Kainer David, Lanfear Robert, Foley William J, Külheim Carsten
Research School of Biology, The Australian National University, Canberra, ACT, 2601, Australia.
Department of Biological Sciences, Macquarie University, Sydney, NSW, 2109, Australia.
Theor Appl Genet. 2015 Dec;128(12):2351-65. doi: 10.1007/s00122-015-2591-0. Epub 2015 Aug 4.
The yield of essential oil in commercially harvested perennial species (e.g. 'Oil Mallee' eucalypts, Tea Trees and Hop) is dependent on complex quantitative traits such as foliar oil concentration, biomass and adaptability. These often show large natural variation and some are highly heritable, which has enabled significant gains in oil yield via traditional phenotypic recurrent selection. Analysis of transcript abundance and allelic diversity has revealed that essential oil yield is likely to be controlled by large numbers of quantitative trait loci that range from a few of medium/large effect to many of small effect. Molecular breeding techniques that exploit this information could increase gains per unit time and address complications of traditional breeding such as genetic correlations between key traits and the lower heritability of biomass. Genomic selection (GS) is a technique that uses the information from markers genotyped across the whole genome in order to predict the phenotype of progeny well before they reach maturity, allowing selection at an earlier age. In this review, we investigate the feasibility of genomic selection (GS) for the improvement of essential oil yield. We explore the challenges facing breeders selecting for oil yield, and how GS might deal with them. We then assess the factors that affect the accuracy of genomic estimated breeding values, such as linkage disequilibrium (LD), heritability, relatedness and the genetic architecture of desirable traits. We conclude that GS has the potential to significantly improve the efficiency of selection for essential oil yield.

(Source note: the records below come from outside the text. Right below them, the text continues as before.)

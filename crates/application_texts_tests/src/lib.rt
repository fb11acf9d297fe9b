//! The tests of `application_texts`: texts of applications, read and refused.
//!
//! They are in a crate of their own, since a crate that has tests is proved twice.
#![tactic(auto)]

#[cfg(test)]
mod fault_tests;
#[cfg(test)]
mod gitea_tests;
#[cfg(test)]
mod mysql_tests;
#[cfg(test)]
mod tests;
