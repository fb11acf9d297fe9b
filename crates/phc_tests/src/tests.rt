//! Records: rows that say what is refused, texts from outside, and one call of each kind.

use base64ct::Counts;
use phc::{
    Error, Ident, Output, ParamsString, PasswordHash, PasswordHashString, PhcStringError, Salt,
    laws,
};
use std::alloc::{AllocError, Global};
use std::cmp::Ordering;
use std::fmt::Display;
use std::process::Abort;

const FIELD_REFUSED: Error = Error::Base64(base64ct::Error::InvalidEncoding);

const SHORT: Error = Error::OutputSize {
    provided: Ordering::Less,
    expected: 10,
};

// Texts and their first fault.
const REFUSED: &[(&str, Error)] = &[
    ("", Error::MissingField),
    ("x", Error::MissingField),
    ("x$y", Error::MissingField),
    ("$", Error::ParamNameInvalid),
    ("$A", Error::ParamNameInvalid),
    ("$a_b$v=x", Error::ParamNameInvalid),
    (
        "$aaaaaaaaaaaaaaaaaaaaaaaaaaaaaaaaa",
        Error::ParamNameInvalid,
    ),
    ("$x$=1", Error::ParamNameInvalid),
    ("$x$a=1,", Error::ParamNameInvalid),
    ("$x$a=1,,b=2", Error::ParamNameInvalid),
    (
        "$x$v=11111111111111111111111111111111111111111111111111111111111111111",
        Error::ParamValueTooLong,
    ),
    (
        "$x$a=11111111111111111111111111111111111111111111111111111111111111111",
        Error::ParamValueTooLong,
    ),
    ("$x$v=4294967296", Error::ParamValueInvalid),
    ("$x$v=", Error::ParamValueInvalid),
    ("$argon2d$v=019$m=512", Error::ParamValueInvalid),
    (
        "$scrypt$v=019$ln=16,r=8,p=1$aM15713r3Xsvxbi31lqr1Q",
        Error::ParamValueInvalid,
    ),
    ("$x$a=1,b", Error::ParamValueInvalid),
    ("$x$a==", Error::ParamValueInvalid),
    ("$x$a=1=2", Error::ParamValueInvalid),
    ("$x$a=1;2", Error::ParamValueInvalid),
    (
        "$x$a=111111111111111111111111111111111111111111111111111111111111111111111111111111111111111111111111111111111111111111111111111111",
        Error::ParamsMaxExceeded,
    ),
    (
        "$2a$12$R9h/cIPz0gi.URNNX3kh2OPST9/PgBkqquzi.Ss7KIUgO2t0jWMUW",
        Error::SaltTooShort,
    ),
    ("$x$", Error::SaltTooShort),
    (
        "$x$AAAAAAAAAAAAAAAAAAAAAAAAAAAAAAAAAAAAAAAAAAAAAAAAAAAAAAAAAAAAAAAAA",
        Error::SaltTooLong,
    ),
    ("$x$abcdabcdab.", FIELD_REFUSED),
    ("$x$abcdabcdabc$AAAAA", FIELD_REFUSED),
    ("$x$abcdabcdabc$AAAAAAAAAAAAA.", FIELD_REFUSED),
    (
        "$scrypt$ln=4,r=1,p=1$abcdabcdabc$.......................................................................................",
        Error::Base64(base64ct::Error::InvalidLength),
    ),
    ("$x$abcdabcdabc$AAAA", SHORT),
    ("$x$abcdabcdabc$AAAAAAAAAAAAAA$y", Error::TrailingData),
    ("$x$abcdabcdabc$AAAAAAAAAAAAAA$", Error::TrailingData),
];

fn refused() -> &'static [(&'static str, Error)] {
    REFUSED
}

// Texts that are read, and what is looked up and compared of them.
const READ: &[(&str, u64, u64)] = &[
    ("$x", 0, 0),
    ("$x$a=", 0, 0),
    ("$x$v=0", 0, 0),
    ("$x$v=1,a=2", 0, 0),
    ("$x$v=1$v=1", 0, 0),
    ("$x$a=1,a=2", 0, 0),
    ("$x$abcdabcdabc", 12, 4),
    ("$aaaaaaaaaaaaaaaaaaaaaaaaaaaaaaaa", 0, 0),
    ("$x$v=4294967295", 0, 0),
    ("$scrypt$ln=16,r=8,p=1$aM15713r3Xsvxbi31lqr1Q", 24, 4),
    (SCRYPT, 68, 8),
    (ARGON2, 48, 8),
];

fn read() -> &'static [(&'static str, u64, u64)] {
    READ
}

const SCRYPT: &str =
    "$scrypt$ln=16,r=8,p=1$aM15713r3Xsvxbi31lqr1Q$nFNh2CVHVjNldFVKDHDlm4CbdRSCdEBsjjJxD+iCs5E";

const ARGON2: &str = "$argon2d$v=19$m=512,t=3,p=2$5VtWOO3cGWYQHEMaYGbsfQ$AcmqasQgW/wI6wAHAMk4aQ";

// The bytes of the salt and the hash of the last text, by another program.
const ARGON2_SALT: [u8; 16] = [
    0xe5, 0x5b, 0x56, 0x38, 0xed, 0xdc, 0x19, 0x66, 0x10, 0x1c, 0x43, 0x1a, 0x60, 0x66, 0xec, 0x7d,
];

const ARGON2_HASH: [u8; 16] = [
    0x01, 0xc9, 0xaa, 0x6a, 0xc4, 0x20, 0x5b, 0xfc, 0x08, 0xeb, 0x00, 0x07, 0x00, 0xc9, 0x38, 0x69,
];

fn record(rt: &impl Abort, text: &str) -> PasswordHash {
    PasswordHash::new(text).expect(rt, "a record")
}

// ---- records

// A text is refused for its first fault, and little is looked up and compared of the text.
fn refused_for(rt: &impl Abort, text: &str, fault: Error) {
    let mut counts = Counts::new();
    let refusal = PasswordHash::new(text).err();
    assert!(rt; refusal == Some(fault), "{text}");
    let refusal = PasswordHash::new_counted(text, &mut counts).err();
    assert!(rt; refusal == Some(fault), "{text}");
    assert!(rt; counts.looks() <= 156 && counts.sames() <= 8, "{text}");
}

#[test]
fn refused_texts(rt: HostRuntime) {
    for (text, fault) in refused() {
        refused_for(&rt, text, *fault);
    }
}

#[test]
fn most_counts_of_a_refusal(rt: HostRuntime) {
    let text = "$x$AAAAAAAAAAAAAAAAAAAAAAAAAAAAAAAAAAAAAAAAAAAAAAAAAAAAAAAAAAAAAAAA\
        $......................................................................................";
    let mut counts = Counts::new();
    assert!(&rt; PasswordHash::new_counted(text, &mut counts) == Err(FIELD_REFUSED));
    assert!(&rt; counts.looks() == 156 && counts.sames() == 8);
}

// What is printed of a value.
fn prints(rt: &impl Abort, alloc: Global, value: &impl Display, text: &str) -> bool {
    let printed = format!(in alloc; "{value}").expect(rt, "want of memory");
    printed.as_str() == text
}

fn read_as(rt: &impl Abort, alloc: Global, text: &str) {
    let read = record(rt, text);
    assert!(rt; read.is_printable(), "{text}");
    assert!(rt; prints(rt, alloc, &read, text), "{text}");
    assert!(rt; text.parse::<PasswordHash>() == Ok(read), "{text}");
}

fn counted_as(rt: &impl Abort, text: &str, looks: u64, sames: u64) {
    let mut counts = Counts::new();
    let read = PasswordHash::new_counted(text, &mut counts);
    assert!(rt; read == Ok(record(rt, text)), "{text}");
    assert!(rt;
        counts.looks() == looks && counts.sames() == sames,
        "{text}"
    );
}

#[test]
fn read_texts(rt: HostRuntime) {
    for (text, looks, sames) in read() {
        counted_as(&rt, text, *looks, *sames);
        read_as(&rt, rt.alloc(), text);
    }
}

// The record of `ARGON2`.
fn parts_of(rt: &impl Abort, read: &PasswordHash) {
    assert!(rt; read.algorithm == Ident::new_unwrap("argon2d"));
    assert!(rt; read.version == Some(19));
    assert!(rt; read.params.as_str() == "m=512,t=3,p=2");
}

fn bytes_of(rt: &impl Abort, read: &PasswordHash) {
    assert!(rt; read.salt == Salt::new(&ARGON2_SALT).ok());
    assert!(rt; read.hash == Output::new(&ARGON2_HASH).ok());
}

#[test]
fn parts_of_a_record(rt: HostRuntime) {
    let read = record(&rt, ARGON2);
    parts_of(&rt, &read);
    bytes_of(&rt, &read);
    assert!(&rt; read != record(&rt, SCRYPT));
}

fn version(rt: &impl Abort, text: &str) -> Option<u32> {
    record(rt, text).version
}

#[test]
fn versions(rt: HostRuntime) {
    assert!(&rt; version(&rt, "$x$v=1,a=2") == None);
    assert!(&rt; version(&rt, "$x$v=1$v=1") == Some(1));
}

#[test]
fn record_without_a_salt(rt: HostRuntime) {
    let mut unsalted = record(&rt, ARGON2);
    unsalted.salt = None;
    assert!(&rt; !unsalted.is_printable());
    assert!(&rt; prints(&rt, rt.alloc(), &unsalted, "$argon2d$v=19$m=512,t=3,p=2"));
}

#[test]
fn record_of_a_version(rt: HostRuntime) {
    let mut lone = record(&rt, "$x$a=1");
    lone.params = "v=1".parse::<ParamsString>().expect(&rt, "parameters");
    assert!(&rt; !lone.is_printable());
    lone.version = Some(1);
    assert!(&rt; lone.is_printable());
    assert!(&rt; prints(&rt, rt.alloc(), &lone, "$x$v=1$v=1"));
}

#[test]
fn laws_hold() {
    laws::parses_back();
    laws::prints_back();
}

// ---- kept texts

fn kept(rt: &impl Abort, alloc: Global, text: &str) -> PasswordHashString {
    PasswordHashString::new(alloc, text).expect(rt, "a record")
}

// The kept text of `ARGON2`.
fn kept_text(rt: &impl Abort, alloc: Global, kept: &PasswordHashString) {
    assert!(rt; kept.as_str() == ARGON2);
    assert!(rt; kept.as_bytes() == ARGON2.as_bytes());
    assert!(rt; kept.len() == 73);
    assert!(rt; prints(rt, alloc, kept, ARGON2));
}

fn kept_parts(rt: &impl Abort, kept: &PasswordHashString, read: &PasswordHash) {
    assert!(rt; kept.algorithm() == read.algorithm);
    assert!(rt; kept.version() == Some(19));
    assert!(rt; kept.salt() == read.salt);
    assert!(rt; kept.hash() == read.hash);
}

fn kept_record(rt: &impl Abort, kept: &PasswordHashString, read: &PasswordHash) {
    assert!(rt; &kept.password_hash() == read);
    assert!(rt; &kept.params() == &read.params);
}

fn kept_as(rt: &impl Abort, alloc: Global, kept: &PasswordHashString) {
    let read = record(rt, ARGON2);
    kept_text(rt, alloc, kept);
    kept_parts(rt, kept, &read);
    kept_record(rt, kept, &read);
}

#[test]
fn kept_texts(rt: HostRuntime) {
    let kept = kept(&rt, rt.alloc(), ARGON2);
    kept_as(&rt, rt.alloc(), &kept);
}

#[test]
fn kept_clones(rt: HostRuntime) {
    let kept = kept(&rt, rt.alloc(), ARGON2)
        .try_clone()
        .expect(&rt, "want of memory");
    kept_as(&rt, rt.alloc(), &kept);
}

#[test]
fn kept_of_records(rt: HostRuntime) {
    let read = record(&rt, ARGON2);
    assert!(&rt; read.is_printable());
    let kept = PasswordHashString::from_record(rt.alloc(), &read).expect(&rt, "want of memory");
    kept_as(&rt, rt.alloc(), &kept);
}

#[test]
fn kept_by_records(rt: HostRuntime) {
    let read = record(&rt, ARGON2);
    assert!(&rt; read.is_printable());
    let kept = read.serialize(rt.alloc()).expect(&rt, "want of memory");
    kept_as(&rt, rt.alloc(), &kept);
}

// Whether the kept text is what this record is kept as.
fn is_kept(rt: &impl Abort, alloc: Global, kept: &PasswordHashString, text: &str) -> bool {
    let read = record(rt, text);
    assert!(rt; read.is_printable());
    kept == &read.serialize(alloc).expect(rt, "want of memory")
}

#[test]
fn kept_texts_are_compared(rt: HostRuntime) {
    let kept = kept(&rt, rt.alloc(), ARGON2);
    assert!(&rt; is_kept(&rt, rt.alloc(), &kept, ARGON2));
    assert!(&rt; !is_kept(&rt, rt.alloc(), &kept, SCRYPT));
}

#[test]
fn refused_kept_texts(rt: HostRuntime) {
    for (text, fault) in refused() {
        let refusal = PasswordHashString::new(rt.alloc(), text).err();
        assert!(&rt; refusal == Some(PhcStringError::Phc(*fault)), "{text}");
    }
}

// ---- names

const BAD_NAMES: &[&str] = &["", "A", "a b", "é", "012345678911234567892123456789312"];

const NAMES: &[&str] = &[
    "-a",
    "a",
    "argon2id",
    "0",
    "01234567891123456789212345678931",
];

// Each name is before the next one.
const ORDER: &[(&str, &str)] = &[
    ("-", "0"),
    ("0", "b"),
    ("b", "aa"),
    ("aa", "ab"),
    ("ab", "ba"),
    ("ba", "aaa"),
];

fn name(rt: &impl Abort, text: &str) -> Ident {
    Ident::new(text).expect(rt, "a name")
}

fn named(rt: &impl Abort, alloc: Global, text: &str) {
    let name = name(rt, text);
    assert!(rt; name.as_str() == text, "{text}");
    assert!(rt; prints(rt, alloc, &name, text), "{text}");
    assert!(rt; name == Ident::new_unwrap(text), "{text}");
    assert!(rt; text.parse::<Ident>() == Ok(name), "{text}");
}

fn ordered(rt: &impl Abort, before: Ident, behind: Ident) {
    assert!(rt; before < behind, "{before}");
    assert!(rt; before.cmp(&behind) == Ordering::Less, "{before}");
    assert!(rt; before != behind, "{before}");
}

#[test]
fn refused_names(rt: HostRuntime) {
    for text in BAD_NAMES {
        assert!(&rt; Ident::new(text) == Err(Error::ParamNameInvalid), "{text}");
    }
}

#[test]
fn names(rt: HostRuntime) {
    for text in NAMES {
        named(&rt, rt.alloc(), text);
    }
}

#[test]
fn names_in_order(rt: HostRuntime) {
    for (before, behind) in ORDER {
        ordered(&rt, name(&rt, before), name(&rt, behind));
    }
}

// ---- errors

// Errors and their texts.
const TEXTS: &[(Error, &str)] = &[
    (FIELD_REFUSED, "invalid Base64 encoding"),
    (
        Error::Base64(base64ct::Error::InvalidLength),
        "invalid Base64 length",
    ),
    (Error::MissingField, "password hash string missing field"),
    (SHORT, "output size too short, expected at least 10 bytes"),
    (
        Error::OutputSize {
            provided: Ordering::Equal,
            expected: 32,
        },
        "output size unexpected, expected 32 bytes",
    ),
    (
        Error::OutputSize {
            provided: Ordering::Greater,
            expected: 64,
        },
        "output size too long, expected at most 64 bytes",
    ),
    (Error::ParamNameDuplicated, "duplicate parameter"),
    (Error::ParamNameInvalid, "invalid parameter name"),
    (Error::ParamValueInvalid, "invalid parameter value"),
    (Error::ParamValueTooLong, "parameter value too long"),
    (
        Error::ParamsMaxExceeded,
        "maximum number of parameters reached",
    ),
    (Error::SaltTooShort, "salt too short (minimum 8 bytes)"),
    (Error::SaltTooLong, "salt too long (maximum 48 bytes)"),
    (
        Error::TrailingData,
        "password hash has unexpected trailing characters",
    ),
];

fn texts() -> &'static [(Error, &'static str)] {
    TEXTS
}

#[test]
fn error_texts(rt: HostRuntime) {
    for (error, text) in texts() {
        assert!(&rt; prints(&rt, rt.alloc(), error, text), "{text}");
        assert!(&rt;
            prints(&rt, rt.alloc(), &PhcStringError::Phc(*error), text),
            "{text}"
        );
    }
    assert!(&rt;
        prints(
            &rt,
            rt.alloc(),
            &PhcStringError::OutOfMemory,
            "out of memory"
        )
    );
}

#[test]
fn converted_errors(rt: HostRuntime) {
    assert!(&rt; Error::from(base64ct::Error::InvalidEncoding) == FIELD_REFUSED);
    assert!(&rt;
        Error::from(base64ct::InvalidLengthError) == Error::Base64(base64ct::Error::InvalidLength)
    );
}
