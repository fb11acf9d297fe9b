//! The tests of `file_device` over files of the system: made, written, locked, replaced, moved, refused.
//!
//! They stand in a crate of their own, since a crate that has tests is proved twice.
#![tactic(auto)]

#[cfg(test)]
mod helpers;
#[cfg(test)]
mod new_files;
#[cfg(test)]
mod tests;
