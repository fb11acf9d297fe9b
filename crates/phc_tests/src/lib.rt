//! The tests of `phc`: rows that say what is refused, texts from outside, and one call of each kind.
//!
//! They stand in a crate of their own, since a crate that has tests is proved twice.
#![tactic(auto)]

#[cfg(test)]
mod part_tests;
#[cfg(test)]
mod tests;
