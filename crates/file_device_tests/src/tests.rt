//! Files that are made, written, read, locked and moved.

use crate::helpers::{
    GROUP, NONE, TWO, clear, file_of, has, is_free, lines_of, log, new_place, opened, opens, put,
    rewrite, write, write_as,
};
use file_device::{DeviceFault, OpenFault, open};
use line_log::Device;
use std::fs::{self, OpenOptions};
use std::io;
use std::os::unix::fs::{MetadataExt, symlink};

const TORN: &[u8] = b"#pwstore 1\nset\tann\t$6\n#et\tbob\t$1$a";

const ONE: &[u8] = b"#pwstore 1\nset\tann\t$6\n#";

#[test]
fn a_file_is_made(rt: HostRuntime) {
    let Some(place) = new_place(&rt) else {
        panic!(rt; "no folder is made")
    };
    let name = place.name.as_str();
    assert!(rt; opens(&rt, name));
    assert!(rt; has(&rt, name, NONE));
    match fs::metadata(&rt, name) {
        Ok(found) => assert!(rt; found.mode() & 0o777 == 0o600),
        Err(_) => panic!(rt; "it is there"),
    }
    assert!(rt; clear(&rt, place));
}

#[test]
fn a_file_grows(rt: HostRuntime) {
    let Some(place) = new_place(&rt) else {
        panic!(rt; "no folder is made")
    };
    let name = place.name.as_str();
    assert!(rt; write(&rt, name, NONE));
    let Some(mut grown) = log(&rt, name) else {
        panic!(rt; "it is opened")
    };
    assert!(rt; put(&mut grown, GROUP) && grown.device.cause().is_none());
    assert!(rt; has(&rt, name, TWO));
    drop(grown);
    match log(&rt, name) {
        Some(again) => assert!(rt; again.end == 37),
        None => panic!(rt; "it is opened"),
    }
    assert!(rt; clear(&rt, place));
}

#[test]
fn long_files_and_long_groups(rt: HostRuntime) {
    let Some(place) = new_place(&rt) else {
        panic!(rt; "no folder is made")
    };
    let name = place.name.as_str();
    let (Some(before), Some(group), Some(after)) = (
        file_of(&rt, &[15_000, 15_000, 15_000, 15_000]),
        lines_of(&rt, &[3_000]),
        file_of(&rt, &[15_000, 15_000, 15_000, 15_000, 3_000]),
    ) else {
        panic!(rt; "memory is wanting")
    };
    assert!(rt; after.len() == 63_012 && write(&rt, name, &before));
    let Some(mut grown) = log(&rt, name) else {
        panic!(rt; "it is opened")
    };
    assert!(rt; grown.end == 60_011 && put(&mut grown, &group));
    drop(grown);
    assert!(rt; has(&rt, name, &after));
    match open(&rt, name) {
        Ok(opened) => assert!(rt; opened.bytes.as_slice() == after.as_slice()),
        Err(_) => panic!(rt; "it is opened"),
    }
    assert!(rt; clear(&rt, place));
}

#[test]
fn a_torn_end_is_cut_off(rt: HostRuntime) {
    let Some(place) = new_place(&rt) else {
        panic!(rt; "no folder is made")
    };
    assert!(rt; write(&rt, place.name.as_str(), TORN));
    assert!(rt; opens(&rt, place.name.as_str()));
    assert!(rt; has(&rt, place.name.as_str(), ONE));
    assert!(rt; clear(&rt, place));
}

#[test]
fn one_process_at_a_time(rt: HostRuntime) {
    let Some(place) = new_place(&rt) else {
        panic!(rt; "no folder is made")
    };
    let name = place.name.as_str();
    let Some(mut first) = log(&rt, name) else {
        panic!(rt; "it is opened")
    };
    assert!(rt; matches!(open(&rt, name), Err(OpenFault::InUse)));
    // The lock goes with the name.
    assert!(rt; rewrite(&mut first, GROUP) && matches!(open(&rt, name), Err(OpenFault::InUse)));
    drop(first);
    assert!(rt; open(&rt, name).is_ok());
    assert!(rt; clear(&rt, place));
}

#[test]
fn files_that_others_may_read(rt: HostRuntime) {
    let Some(place) = new_place(&rt) else {
        panic!(rt; "no folder is made")
    };
    let name = place.name.as_str();
    for (mode, shared) in [(0o600, false), (0o604, true), (0o640, true), (0o610, true)] {
        assert!(rt; write_as(&rt, name, TWO, mode));
        match open(&rt, name) {
            Ok(opened) => assert!(rt; opened.is_shared == shared && opened.is_there, "{mode:o}"),
            Err(_) => panic!(rt; "it is opened"),
        }
    }
    assert!(rt; clear(&rt, place));
}

#[test]
fn a_file_that_was_moved_takes_no_change(rt: HostRuntime) {
    let Some(place) = new_place(&rt) else {
        panic!(rt; "no folder is made")
    };
    let name = place.name.as_str();
    let far = place.other.as_str();
    assert!(rt; write(&rt, name, ONE));
    let Some(mut moved) = log(&rt, name) else {
        panic!(rt; "it is opened")
    };
    assert!(rt; fs::rename(&rt, name, far).is_ok());
    // What has the name now isn't the file that is open.
    assert!(rt; write(&rt, name, ONE));
    assert!(rt; !put(&mut moved, GROUP) && has(&rt, name, ONE));
    assert!(rt; matches!(moved.device.cause(), Some(DeviceFault::Moved)));
    drop(moved);
    // The group that was staged isn't one.
    assert!(rt; opens(&rt, far));
    assert!(rt; has(&rt, far, ONE));
    assert!(rt; clear(&rt, place));
}

#[test]
fn what_is_no_file_is_refused(rt: HostRuntime) {
    let Some(place) = new_place(&rt) else {
        panic!(rt; "no folder is made")
    };
    assert!(rt; symlink(&rt, place.name.as_str(), place.other.as_str()).is_ok());
    for other in [
        place.folder.as_str(),
        place.other.as_str(),
        "/tmp/file_device_not_there/",
        "file_device_not_there/",
        "file_device_not_there/.",
        "",
        "..",
        "/",
    ] {
        assert!(rt;
            matches!(open(&rt, other), Err(OpenFault::NotAFile)),
            "{other}"
        );
    }
    assert!(rt; clear(&rt, place));
}

#[test]
fn what_cannot_be_read_is_refused(rt: HostRuntime) {
    let Some(place) = new_place(&rt) else {
        panic!(rt; "no folder is made")
    };
    let name = place.name.as_str();
    match open(&rt, "/tmp/file_device_not_there/not/there") {
        Err(OpenFault::Io(error)) => assert!(rt; error.kind() == io::ErrorKind::NotFound),
        _ => panic!(rt; "there is no such folder"),
    }
    assert!(rt; write(&rt, name, NONE));
    match OpenOptions::new().write(true).open(&rt, name) {
        Ok(long) => assert!(rt; long.set_len((1 << 28) + (1 << 15) + 1).is_ok()),
        Err(_) => panic!(rt; "it is opened"),
    }
    assert!(rt; matches!(open(&rt, name), Err(OpenFault::TooLong)));
    assert!(rt; clear(&rt, place));
}

#[test]
fn no_sync_is_made_once_a_call_has_failed(rt: HostRuntime) {
    let Some(place) = new_place(&rt) else {
        panic!(rt; "no folder is made")
    };
    assert!(rt; write(&rt, place.name.as_str(), TWO));
    let Some(mut device) = opened(&rt, place.name.as_str()) else {
        panic!(rt; "it is opened")
    };
    assert!(rt; device.sync().is_ok() && device.append_replacement(b"#").is_err());
    assert!(rt; device.sync().is_err() && device.begin_replacement().is_ok());
    assert!(rt; device.sync_replacement().is_err() && device.replace().is_err());
    // The first cause stays, and the new file is taken away.
    match device.cause() {
        Some(DeviceFault::Io(error)) => assert!(rt; error.kind() == io::ErrorKind::NotFound),
        _ => panic!(rt; "it tells another cause"),
    }
    assert!(rt; is_free(&rt, place.new_name.as_str()));
    assert!(rt; clear(&rt, place));
}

商业采收的多年生植物(如“油桉”桉、茶树和啤酒花)中精油的产量取决于复杂的数量性状,如叶片含油浓度、生物量和适应性。这些性状通常表现出很大的自然变异,有些具有高度遗传性,这使得通过传统的表型轮回选择在精油产量上取得了显著提高。转录本丰度和等位基因多样性分析表明,精油产量可能受大量数量性状位点控制,这些位点从少数几个中/大效应到许多小效应不等。利用这些信息的分子育种技术可以提高单位时间内的遗传增益,并解决传统育种中的复杂问题,如关键性状之间的遗传相关性以及生物量较低的遗传力。基因组选择(GS)是一种利用全基因组标记分型信息来预测后代在成熟前表型的技术,从而能够在更早的年龄进行选择。在这篇综述中,我们研究了基因组选择(GS)用于提高精油产量的可行性。我们探讨了育种者在选择精油产量时面临的挑战,以及GS如何应对这些挑战。然后,我们评估了影响基因组估计育种值准确性的因素,如连锁不平衡(LD)、遗传力、亲缘关系和目标性状的遗传结构。我们得出结论,GS有潜力显著提高精油产量的选择效率。